Question

A drunkard man takes a step forward with probability 0.6 and takes a step backwards with probability 0.4. He takes 9 steps in all. Find the probability that he is just one step away from the initial point. Do you think drinking habits can ruin one’s family life?

Answer 1

Hint: Use the binomial distribution formula \[q = 1 - p\], where \[q\]is the probability of failure, and \[p\]is the probability of success. The binomial distribution is the probability of success or failure outcome in an experiment or survey that is repeated multiple times.
A binomial experiment is applicable when the experiment consists of ‘n’ identical trials; each trial results in two outcomes, either success or failure, the probability of success remain the same from trial to trial, and n trials are independent.

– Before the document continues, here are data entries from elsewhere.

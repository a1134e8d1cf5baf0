//! The check of the chapters of a chain, one after another.

ghost use Rattle.std.specs.Prelude.{◌≡◌, ◌<◌, ◌+◌, ◌^◌, ◌∷◌, [], ◌++◌, List, IfOk, IfErr, OnOk};
ghost use Rattle.meet_tickets.specs.declared.refusals.Refusal.TheVariants.{Memory};
ghost use Rattle.meet_run.specs.Tracing.Chapters.{Chapter, IsOf, IsFoundOfAll, HasRead, TellsWrong};
ghost use Rattle.meet_run.specs.Tracing.Chapters.{wrong_of, broken_at, wrong_text, broken_line};

use crate::text::wording::{push_last_line, push_numbered};
use crate::trace::check::ReadTrace;
use crate::trace::wording::push_illegal;
use meet_history::{CheckFault, Checker, Why};
use meet_tickets::{Kind, Refusal};
use std::alloc::{AllocError, Global};

/// What is wrong with a chapter after those before it.
#[derive(Clone, Copy, PartialEq, Eq, Debug)]
pub enum ChapterFault {
    /// Its trace names another place.
    OtherPlace,
    /// Its base doesn't stand for those before it.
    OtherBase,
    /// The record of number `place`, from 1 and with those of the base, is its first that can't stand, for the reason
    /// `why`.
    Illegal { place: u64, why: Why },
}

/// The first chapter that can't follow those before it, by its number from 1.
#[derive(Clone, Copy, PartialEq, Eq, Debug)]
pub(crate) struct Broken {
    chapter: u64,
    why: ChapterFault,
}

/// What is known of the chapters that were read: the last one where they are one legal history, or which is wrong.
#[derive(Drop)]
pub(crate) struct Chain {
    last: ReadTrace,
    chapters: u64,
    fault: Option<Broken>,
}

/// What is wrong with a chapter's own records, if anything is. Fails only if an allocation fails.
fn wrong_in(checker: &Checker) -> Result<Option<ChapterFault>, Refusal>
    ensures wrong { IfOk result (λ wrong. wrong ≡ wrong_of checker.now.fault) }
    ensures memory { IfErr result (λ why. why ≡ Memory) }
{
    match checker.standing() {
        Ok(_) => Ok(None),
        Err(CheckFault::Illegal { place, why }) => Ok(Some(ChapterFault::Illegal { place, why })),
        Err(CheckFault::Memory) => Err(Refusal::Memory),
    }
}

/// What is wrong with a chapter behind another one, if anything is. Fails only if an allocation fails.
fn wrong_behind(
    alloc: Global,
    last: &ReadTrace,
    next: &ReadTrace,
) -> Result<Option<ChapterFault>, Refusal>
    ensures wrong { IfOk result (TellsWrong last.now next.now) }
    ensures memory { IfErr result (λ why. why ≡ Memory) }
{
    if last.kind != next.kind {
        return Ok(Some(ChapterFault::OtherPlace));
    }
    match last.checker.ends_at(alloc, &next.base) {
        Ok(true) => wrong_in(&next.checker),
        Ok(false) => Ok(Some(ChapterFault::OtherBase)),
        Err(_) => Err(Refusal::Memory),
    }
}

/// What is wrong with the chapter of this number, if anything is.
fn broken_at(chapter: u64, wrong: Option<ChapterFault>) -> Option<Broken>
    ensures { result ≡ broken_at chapter wrong }
{
    match wrong {
        None => None,
        Some(why) => Some(Broken { chapter, why }),
    }
}

impl Chain {
    /// A chain that begins with this chapter. Fails only if an allocation fails.
    pub(crate) fn begin(trace: ReadTrace) -> Result<Self, Refusal>
        ensures read { IfOk result (λ chain. (c : Chapter) → IsOf trace c → HasRead chain (c ∷ [])) }
        ensures many { IfOk result (λ chain. chain.chapters ≡ 1) }
        ensures memory { IfErr result (λ why. why ≡ Memory) }
    {
        let wrong = wrong_in(&trace.checker)?;
        Ok(Chain {
            last: trace,
            chapters: 1,
            fault: broken_at(1, wrong),
        })
    }

    /// The chain with this chapter behind the others. Fails only if an allocation fails.
    pub(crate) fn take(self, alloc: Global, trace: ReadTrace) -> Result<Self, Refusal>
        requires few { self.chapters + 1 < 2 ^ 64 }
        ensures read { IfOk result (λ chain. (chapters : List Chapter) (c : Chapter) → HasRead self chapters
            → IsOf trace c → HasRead chain (chapters ++ c ∷ [])) }
        ensures many { IfOk result (λ chain. chain.chapters ≡ self.chapters + 1) }
        ensures memory { IfErr result (λ why. why ≡ Memory) }
    {
        let Chain {
            last,
            chapters,
            fault,
        } = self;
        let chapters = chapters + 1;
        if fault.is_some() {
            return Ok(Chain {
                last,
                chapters,
                fault,
            });
        }
        let wrong = wrong_behind(alloc, &last, &trace)?;
        Ok(Chain {
            last: trace,
            chapters,
            fault: broken_at(chapters, wrong),
        })
    }

    /// Whether the chapters that were read are one legal history, and the line that says so: as that of one trace of
    /// all of them; or which of them can't follow, and why. Fails only if an allocation fails.
    pub(crate) fn found(&self, alloc: Global) -> Result<(bool, Vec<u8>), Refusal>
        ensures found { IfOk result (λ found. (chapters : List Chapter) → HasRead self.now chapters
            → IsFoundOfAll chapters found.0 found.1.items) }
        ensures memory { IfErr result (λ why. why ≡ Memory) }
    {
        let mut text = Vec::new(alloc);
        if let Some(broken) = self.fault {
            return match push_broken(&mut text, broken) {
                Ok(()) => Ok((false, text)),
                Err(_) => Err(Refusal::Memory),
            };
        }
        let Ok(standing) = self.last.checker.standing() else {
            return Err(Refusal::Memory);
        };
        match push_last_line(&mut text, self.last.count, standing) {
            Ok(()) => Ok((true, text)),
            Err(_) => Err(Refusal::Memory),
        }
    }
}

/// Appends what is wrong with a chapter.
#[tactic(auto, unfolding(crate::specs::Tracing::Chapters::wrong_text))]
fn push_wrong(out: &mut Vec<u8>, why: ChapterFault) -> Result<(), AllocError>
    ensures { OnOk result (out.new.items ≡ out.old.items ++ wrong_text why) }
{
    match why {
        ChapterFault::OtherPlace => out.extend_from_slice(b"OtherPlace\n"),
        ChapterFault::OtherBase => out.extend_from_slice(b"OtherBase\n"),
        ChapterFault::Illegal { place, why } => push_illegal(out, place, why),
    }
}

/// Appends the line that names the first chapter that can't follow, and why.
#[tactic(auto, unfolding(crate::specs::Tracing::Chapters::broken_line))]
fn push_broken(out: &mut Vec<u8>, broken: Broken) -> Result<(), AllocError>
    ensures { OnOk result (out.new.items ≡ out.old.items ++ broken_line broken.chapter broken.why) }
{
    push_numbered(out, b"chapter ", broken.chapter)?;
    out.extend_from_slice(b" ")?;
    push_wrong(out, broken.why)
}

Complete step-by-step answer:
Given he takes 9 steps in all
We need to find the probability when he is one step away from the initial position, and this can be backward or the forward
Let a step forward be success rate given for one step as \[p = 0.4 = \dfrac{4}{{10}} = \dfrac{2}{5}\]
And backward step be a failure given for one step as \[q = 0.6 = \dfrac{6}{{10}} = \dfrac{3}{5}\]
The man takes 9 steps in all which can be either 5 steps forward and 4 steps backwards or 4 steps forward and 5 steps backwards,
Hence the required probability will be \[P = {}^9{C_5}{p^5}{q^4} + {}^9{C_4}{p^4}{q^5}\]
By solving
\[
  P = {}^9{C_5}{p^5}{q^4} + {}^9{C_4}{p^4}{q^5} \\
   = {}^9{C_5}{\left( {\dfrac{2}{5}} \right)^5}{\left( {\dfrac{3}{5}} \right)^4} + {}^9{C_4}{\left( {\dfrac{2}{5}} \right)^4}{\left( {\dfrac{3}{6}} \right)^5} \\
   = \dfrac{{9!}}{{4!5!}}\left( {\dfrac{{2.2.2.2.2}}{{5.5.5.5.5}}} \right)\left( {\dfrac{{3.3.3.3}}{{5.5.5.5}}} \right) + \dfrac{{9!}}{{4!5!}}\left( {\dfrac{{2.2.2.2}}{{5.5.5.5}}} \right)\left( {\dfrac{{3.3.3.3.3}}{{5.5.5.5.3}}} \right) \\
   = \dfrac{{9!}}{{4!5!}}\left[ {\left( {\dfrac{{2.2.2.2.2}}{{5.5.5.5.5}}} \right)\left( {\dfrac{{3.3.3.3}}{{5.5.5.5}}} \right) + \left( {\dfrac{{2.2.2.2}}{{5.5.5.5}}} \right)\left( {\dfrac{{3.3.3.3.3}}{{5.5.5.5.3}}} \right)} \right] \\
 \]
By further solving we get
\[
  P = \dfrac{{9!}}{{4!5!}}\left[ {\left( {\dfrac{{2.2.2.2.2}}{{5.5.5.5.5}}} \right)\left( {\dfrac{{3.3.3.3}}{{5.5.5.5}}} \right) + \left( {\dfrac{{2.2.2.2}}{{5.5.5.5}}} \right)\left( {\dfrac{{3.3.3.3.3}}{{5.5.5.5.3}}} \right)} \right] \\
   = \dfrac{{9.8.7.6}}{{4.3.2.1}}\left[ {\dfrac{{32}}{{3125}} \times \dfrac{{81}}{{635}} + \dfrac{{16}}{{635}} \times \dfrac{{243}}{{3125}}} \right] \\
   = 9.4.7\left[ {\dfrac{{2592 + 3888}}{{3125 \times 635}}} \right] \\
   = 252 \times \dfrac{{6480}}{{1984375}} \\
   = 0.8 \\
 \]
Hence the probability he is one step away after taking 9 steps \[ = 0.8\]

Note: Students are advised to be clear while selecting the value of the probability of success (p) and the probability of failure (q) and use them wisely as they vary for each question.